Tuesday, June 15, 2010

Sweet Summertime

Summer amazes me. I love having time to do whatever I want. Some people waste this time. I try not too. Today has been so good. I love spending my mornings out under our canopy on our deck and doing devotions. I wish I had all this time during the school year to just sit on my deck and explore God. Everyone has a different place where they find God the most. I think I find God in nature. It never ceases to amaze me how God has such intricate designs in nature. Something as simple as clouds are fascinating. Wow. Where do you find God?

Monday, June 14, 2010

Something to think about...

Okay,
So usually I would never post twice in one day. If I post once a week, it is a miracle. But today was an interesting day. I signed up for my college classes, and it has made me feel so great. I feel like I have something to look forward to, a brand new beginning with brand new people. It is so exciting, yet terrifying at the same time. I think I am going to like life at Concordia.

College

Well, I am officially a college student. It's so crazy to think about... I feel like I was just in Kindergarten!! I am excited to start the next school year, but it is going to be weird without my friends.... I have had the same friends since Kindergarten, and I can't imagine going to school without them. The students I met today were very nice, and I think I will like going to Concordia, but it will definitely be a different experience than high school.

Thursday, June 10, 2010

Summer has Begun!

Well, Summer is finally here. Am I happy? I guess so. It's weird to think that this is my last summer before college. I had to say goodbye to one of my friends a few days ago, as she spends the summer on the other side of the state. I have said goodbye to her each summer but this year it was just so different.
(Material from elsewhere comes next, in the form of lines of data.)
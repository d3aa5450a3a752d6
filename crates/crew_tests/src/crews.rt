//! Worked crews: each number of workers from 1 to 64, guesses, and one worker by itself.

ghost use Rattle.std.specs.Prelude.{IfSome};
ghost use Rattle.ghcn_fields.specs.Floor.{IsScore};

use crate::data::{Lines, USUAL, answer_of, data_of, lines_of, plan_of};
use ghcn_fields::Memory;
use ghcn_series::Data;
use rank_board::Board;
use rank_crew::{Open, work};
use rank_query::Query;
use rank_sched::{Plan, run_alone};
use std::alloc::Global;
use std::sync::Wait;
use std::thread::Threads;

/// The first number of workers, from 1 to 64, that don't return what one returns alone.
fn first_to_differ<R: Threads + Wait + Sync>(
    rt: &R,
    alloc: Global,
    data: &Data,
    query: &Query,
) -> Result<Option<u64>, Memory> {
    let alone = run_alone(alloc, &Plan::new(alloc, data, query)?, None)?;
    for workers in 1..65 {
        let answer = answer_of(rt, alloc, data, query, workers, None, &Open)?;
        let same = answer.best.as_slice() == alone.best.as_slice();
        if !same || answer.records.len() != 3 || answer.taken_back != 0 {
            return Ok(Some(workers));
        }
    }
    Ok(None)
}

/// The same over the usual values.
fn first_of_usual<R: Threads + Wait + Sync>(
    rt: &R,
    alloc: Global,
    text: &str,
) -> Option<Option<u64>> {
    let data = data_of(alloc, &USUAL)?;
    let query = Query::parse(text).ok()?;
    first_to_differ(rt, alloc, &data, &query).ok()
}

#[test]
fn one_to_sixty_four_workers(rt: HostRuntime) {
    for text in [
        "top 1 highest TMAX",
        "top 3 lowest TMAX",
        "top 9 highest TMAX",
    ] {
        let found = first_of_usual(&rt, rt.alloc(), text);
        assert_eq!(rt; found, Some(None), "{text}");
    }
}

/// The lines of one worker's answer over the usual values, and how many skips are undone.
fn guessed<R: Threads + Wait + Sync>(
    rt: &R,
    alloc: Global,
    text: &str,
    guess: Option<i64>,
) -> Option<(Lines, u64)>
    requires { IfSome guess IsScore }
{
    let data = data_of(alloc, &USUAL)?;
    let query = Query::parse(text).ok()?;
    let answer = answer_of(rt, alloc, &data, &query, 1, guess, &Open).ok()?;
    Some((lines_of(&answer)?, answer.taken_back))
}

#[test]
fn one_worker_under_guesses(rt: HostRuntime) {
    let skipped = [(311, false), (311, false), (250, true)];
    let scanned = [(311, false), (311, false), (250, false)];
    let best = "top 1 highest TMAX";
    assert_eq!(rt; guessed(&rt, rt.alloc(), best, None), Some((skipped, 0)));
    let found = guessed(&rt, rt.alloc(), best, Some(1000));
    assert_eq!(rt; found, Some((skipped, 2)));
    let found = guessed(&rt, rt.alloc(), "top 10 highest TMAX", Some(300));
    assert_eq!(rt; found, Some((scanned, 1)));
}

/// What one worker with four rights leaves of a plan of three morsels: how many records, how many
/// rights, and the number of the next claim.
fn work_of<R: Wait>(rt: &R, alloc: Global, plan: &Plan<'_>) -> Option<(usize, u64, u64)> {
    if plan.len() != 3 {
        return None;
    }
    let (board, seat) = Board::open(alloc, 4, None).ok()?;
    let (seat, haul) = work(rt, alloc, plan, &board, seat, 0, &Open).ok()?;
    let rights = seat.rights();
    Some((haul.records.len(), rights, board.close(seat).next))
}

/// The same over the usual values.
fn work_of_usual<R: Wait>(rt: &R, alloc: Global) -> Option<(usize, u64, u64)> {
    let data = data_of(alloc, &USUAL)?;
    work_of(rt, alloc, &plan_of(alloc, &data)?)
}

#[test]
fn work_on_four_rights(rt: HostRuntime) {
    assert_eq!(rt; work_of_usual(&rt, rt.alloc()), Some((3, 0, 4)));
}
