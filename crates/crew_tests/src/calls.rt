//! How often workers call a gate.

ghost use Rattle.std.specs.Prelude.{◌<◌, ◌≤◌};

use crate::data::{answer_of, push_july, read};
use ghcn_series::Data;
use rank_crew::Gate;
use rank_query::Query;
use std::alloc::Global;
use std::fmt::Write;
use std::sync::Wait;
use std::sync::atomic::{AtomicU64, Ordering};
use std::thread::Threads;

/// The numbers that were noted, as bits, and those that were noted more than once. A number that has no bit is
/// noted as all numbers.
#[derive(Drop)]
struct Notes {
    noted: AtomicU64,
    again: AtomicU64,
}

impl Notes {
    fn new() -> Notes {
        Notes {
            noted: AtomicU64::new(0),
            again: AtomicU64::new(0),
        }
    }

    fn note(&self, number: u64) {
        let bit = if number < 64 { 1 << number } else { u64::MAX };
        let before = self.noted.fetch_or(bit, Ordering::SeqCst);
        self.again.fetch_or(before & bit, Ordering::SeqCst);
    }

    fn found(&self) -> (u64, u64) {
        (
            self.noted.load(Ordering::SeqCst),
            self.again.load(Ordering::SeqCst),
        )
    }
}

/// A gate that notes the places that are measured and the morsels that are claimed.
#[derive(Drop)]
struct Calls {
    measured: Notes,
    claimed: Notes,
}

impl Gate for Calls {
    fn measuring<R: Wait>(&self, _rt: &R, _worker: u64, place: u64) {
        self.measured.note(place);
    }

    fn claimed<R: Wait>(&self, _rt: &R, _worker: u64, morsel: u64) {
        self.claimed.note(morsel);
    }
}

/// The data of forty stations, each with a value.
fn data_of_forty(alloc: Global) -> Option<Data> {
    let mut list = String::new(alloc);
    let mut text = String::new(alloc);
    for number in 0..40 {
        let id = format!(in alloc; "ZZA000000{number:02}").ok()?;
        write!(list, "{id}  10.0000   20.0000\n").ok()?;
        push_july(&mut text, &id, 2020, &[250]).ok()?;
    }
    read(alloc, list.as_bytes(), text.as_bytes())
}

/// The places that some workers measure and the morsels that they claim, and those of both that they do again. No
/// morsel can be skipped before forty values are found.
fn calls_of<R: Threads + Wait + Sync>(
    rt: &R,
    alloc: Global,
    workers: u64,
) -> Option<[(u64, u64); 2]>
    requires some { 0 < workers }
    requires few { workers ≤ 64 }
{
    let gate = Calls {
        measured: Notes::new(),
        claimed: Notes::new(),
    };
    let data = data_of_forty(alloc)?;
    let query = Query::parse("top 40 highest TMAX").ok()?;
    answer_of(rt, alloc, &data, &query, workers, None, &gate).ok()?;
    Some([gate.measured.found(), gate.claimed.found()])
}

#[test]
fn gate_is_called_once_for_each_of_forty(rt: HostRuntime) {
    const ALL: (u64, u64) = ((1 << 40) - 1, 0);
    for workers in [1, 2, 4] {
        let found = calls_of(&rt, rt.alloc(), workers);
        assert_eq!(rt; found, Some([ALL, ALL]), "{workers} workers");
    }
}
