//! The tests of the crates that threads share: the board, and the crew.
//!
//! They know these crates as their callers do, by what they show.
#![tactic(auto)]

#[cfg(test)]
mod boards;
#[cfg(test)]
mod calls;
#[cfg(test)]
mod crews;
#[cfg(test)]
mod data;
#[cfg(test)]
mod gates;
#[cfg(test)]
mod growths;
#[cfg(test)]
mod surveys;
I really don't know when I am going to get to spend time with her again. And that is kind of a sad, scary thought. But I know it will be okay in the end, I have God on my side =) . I don't want to waste this summer. It may not be your last summer before college, but what are you going to do to make sure that you don't waste your Summer of 2010?

Thursday, April 8, 2010

Grrr....

So, soccer practice today. It was really chilly outside.... I felt that I worked hard, but I am aggravated with myself. I messed up simple things, and was not doing things right. My right foot also started hurting again.... Why do dumb things like this happen when we enjoy something so much? I finally got into a groove this soccer season, I was ready to give it all, and I get a simple injury and have been out almost all season. All I can say is WHY? I just want to play soccer! Do you ever wonder why God lets things happen to us that we can't stand? I wonder sometimes. I know it is to make us stronger, but that doesn't always make it fun. Or easy for that matter.

Wednesday, April 7, 2010

Time

Wow... I hadn't realized how long it has been since I have updated my blog. It has been almost two years. Wow time flies!! I'll be graduating in a few months, scary how fast the years have gone bye. Sometimes I wish I could just hit a button and make everything slow down. Have you ever wanted to sit back and watch your life as you go through it? Almost like a movie? I have often thought that would be cool. Why do we rush so quickly through our days? I am currently on spring break, and it is so nice to just relax. Why do we always feel like we have to rush?